Hawaii? Sounds good to me. But I don't think I need it. I don't travel in peak season, rather stay home and plan next trip. And what we need is Studio or 1BR, so I think exchanging is not so difficult. Also as we are hotel-oriented traveler at the moment, there is no problem to stay at hotel with SP.

pointsjunkie, I've read many of your comments in Katherine's thread and found that your thinking way is similar to mine. So I'm expecting many suggestion and help from you in the near future.　 

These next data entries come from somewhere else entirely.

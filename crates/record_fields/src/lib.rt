// The fields of an image's records, written one behind the other across byte borders: a label, the company numbers, the sets of the subjects,
// the parent; and the bits of a record that says nothing.

#![tactic(auto)]

ghost use Rattle.std.specs.Prelude.{◌≡◌, ◌+◌, ◌*◌, ◌%◌, ◌≤◌, ◌<◌, false, replicate};
ghost use Rattle.bits.specs.Bits.{to_bits, waiting};
ghost use Rattle.model.specs.Companies.{companies_width};
ghost use Rattle.model.specs.Layout.{label_width, sets_width, parent_width, label_bits, sets_bits};
ghost use Rattle.record_fields.specs.Writers.{Begun, Room, Wrote};

use model::{Label, Monitor};

// The four low bits of one number and those of another behind them: the two sets of a subject, live and owner, present and class.
pub fn side_by_side(high: u8, low: u8) -> u32
    ensures { result ≡ high % 16 * 16 + low % 16 }
{
    (u32::from(high & 15) << 4) | u32::from(low & 15)
}

// The bits of a label, or of none, as one number.
fn label_word(label: Label) -> u32
    ensures { to_bits label_width result ≡ label_bits label }
{
    match label {
        None => 0,
        Some(level) => { (side_by_side(1, level.class) << 16) | u32::from(level.needs) }
    }
}

// Where a stream of bits stands in a lent buffer, and the bits that wait there for their byte to be full. The caller may set each of these, and
// read what is left of them: so a record can be written at any bit, behind bits that wait.
#[derive(Drop)]
pub struct BitWriter<'a> {
    pub out: &'a mut [u8],
    pub at: usize,
    pub waiting: u32,
}

impl<'a> BitWriter<'a> {
    // From the first bit of the buffer on.
    pub fn new(out: &'a mut [u8]) -> BitWriter<'a>
        ensures same_buffer { result.out.ghost_name ≡ out.entry.ghost_name }
        ensures begun { Begun result out.old }
    {
        BitWriter {
            out,
            at: 0,
            waiting: 0,
        }
    }

    // The low bits of x, as many as width says.
    pub fn append(&mut self, width: usize, x: u32)
        requires { (width ≤ 8) × Room self.old width }
        ensures same_buffer { self.new.out.ghost_name ≡ self.old.out.ghost_name }
        ensures moves { self.new.at ≡ self.old.at + width }
        ensures wrote { Wrote self.old (to_bits width x) self.new }
        ensures waits { self.new.waiting ≡ waiting self.old.waiting width x }
    {
        self.waiting = bits::append(self.out, self.at, self.waiting, width, x);
        self.at += width;
    }

    // A label's record.
    pub fn label(&mut self, label: Label)
        requires { Room self.old label_width }
        ensures same_buffer { self.new.out.ghost_name ≡ self.old.out.ghost_name }
        ensures moves { self.new.at ≡ self.old.at + label_width }
        ensures wrote { Wrote self.old (label_bits label) self.new }
    {
        let word = label_word(label);
        self.append(5, word >> 16);
        self.append(8, word >> 8);
        self.append(8, word);
    }

    // The four company numbers, as sixteen bits.
    pub fn companies(&mut self, companies: u16)
        requires { Room self.old companies_width }
        ensures same_buffer { self.new.out.ghost_name ≡ self.old.out.ghost_name }
        ensures moves { self.new.at ≡ self.old.at + companies_width }
        ensures wrote { Wrote self.old (to_bits companies_width companies) self.new }
    {
        self.append(8, u32::from(companies >> 8));
        self.append(8, u32::from(companies));
    }

    // The right bits and the access bits of the sixteen subjects: eight bits for each.
    // The place moves once, behind the loop: so each turn shifts by the same number of bits, which is twice as quick.
    pub fn sets(&mut self, rights: [u8; 16], held: [u8; 16])
        requires { Room self.old sets_width × (self.old.waiting < 256) }
        ensures same_buffer { self.new.out.ghost_name ≡ self.old.out.ghost_name }
        ensures moves { self.new.at ≡ self.old.at + sets_width }
        ensures wrote { Wrote self.old (sets_bits rights held) self.new }
    {
        for s in 0..Monitor::SUBJECTS {
            let x = side_by_side(rights[s], held[s]);
            self.waiting = bits::append(self.out, self.at + 8 * s, self.waiting, 8, x);
        }
        self.at += 8 * Monitor::SUBJECTS;
    }

    // The parent, as seven bits.
    pub fn parent(&mut self, parent: u8)
        requires { Room self.old parent_width }
        ensures same_buffer { self.new.out.ghost_name ≡ self.old.out.ghost_name }
        ensures moves { self.new.at ≡ self.old.at + parent_width }
        ensures wrote { Wrote self.old (to_bits parent_width parent) self.new }
    {
        self.append(7, u32::from(parent));
    }

    // Bits that are 0, eight or more: those that fill no byte, eight more, and then whole bytes.
    pub fn zeros(&mut self, width: usize)
        requires { (8 ≤ width) × Room self.old width }
        ensures same_buffer { self.new.out.ghost_name ≡ self.old.out.ghost_name }
        ensures moves { self.new.at ≡ self.old.at + width }
        ensures wrote { Wrote self.old (replicate width false) self.new }
    {
        self.append(width % 8, 0);
        self.append(8, 0);
        let from = self.at / 8;
        let whole = width / 8 - 1;
        self.out[from..from + whole].fill(0);
        self.at += 8 * whole;
    }
}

Well, which on to choose like question is not main object of this thread. So I will search other thread or open new thread when needed.

I always appreciate your comments, suggestions and recommendations. Also I would like to thank you for your efforts trying to pick up what I want to say from my poor English.

Best regards,


dabo


----------



## Ken555 (Aug 22, 2009)

dabo_gc said:


> Even discount airfare seller www.kayak.com sells the same route of business ticket for starting price of $9857 when I checked. Even economy class, their price started from $2219.



FYI, Kayak is not a discount seller. They simply show many (not all) current prices from the airlines in one view, similar (but not the same) as the large net agencies like Expedia, Travelocity, and Orbitz. I like Kayak (and their new iPhone app!!) as a quick way to get the bottom line on market prices for flights. It's been a huge help to me in planning trips.

Dabo, have you looked into consolidators? I know people who used to purchase business and first tickets routinely (for work and vacation), and consolidators were able to get the best price. These tickets didn't earn frequent flyer miles or any other perks, but they were inexpensive compared to market prices. I haven't looked into these types of tickets in many years, and I have no idea if they're offered in Australia.


----------



## dabo_gc (Aug 23, 2009)

Ken555 said:


> F
> Dabo, have you looked into consolidators?



Yes, I have checked few times but they couldn't beat JAL reward ticket which I received by using Star Points (3.5cent/p).


dabo


----------



## dabo_gc (Aug 23, 2009)

RoshiGuy said:


> What I meant was that IF you can buy as many SP as you want at 3.5c then it does not make sense to buy TS and convert. Your actual cost of TS to SP conversion (taking all costs into account) will be pretty close to 3-3.5c. Might as well not lock into TS and simply buy the SP you need. But Starwood limits SP purchase to 20,000 per account so one cannot simply buy a large number of SPs.



My simulation shows me the same result as yours.     

I included interest which I should lose from my investment portfolio if I paid large amount of initial cost to buy TSes.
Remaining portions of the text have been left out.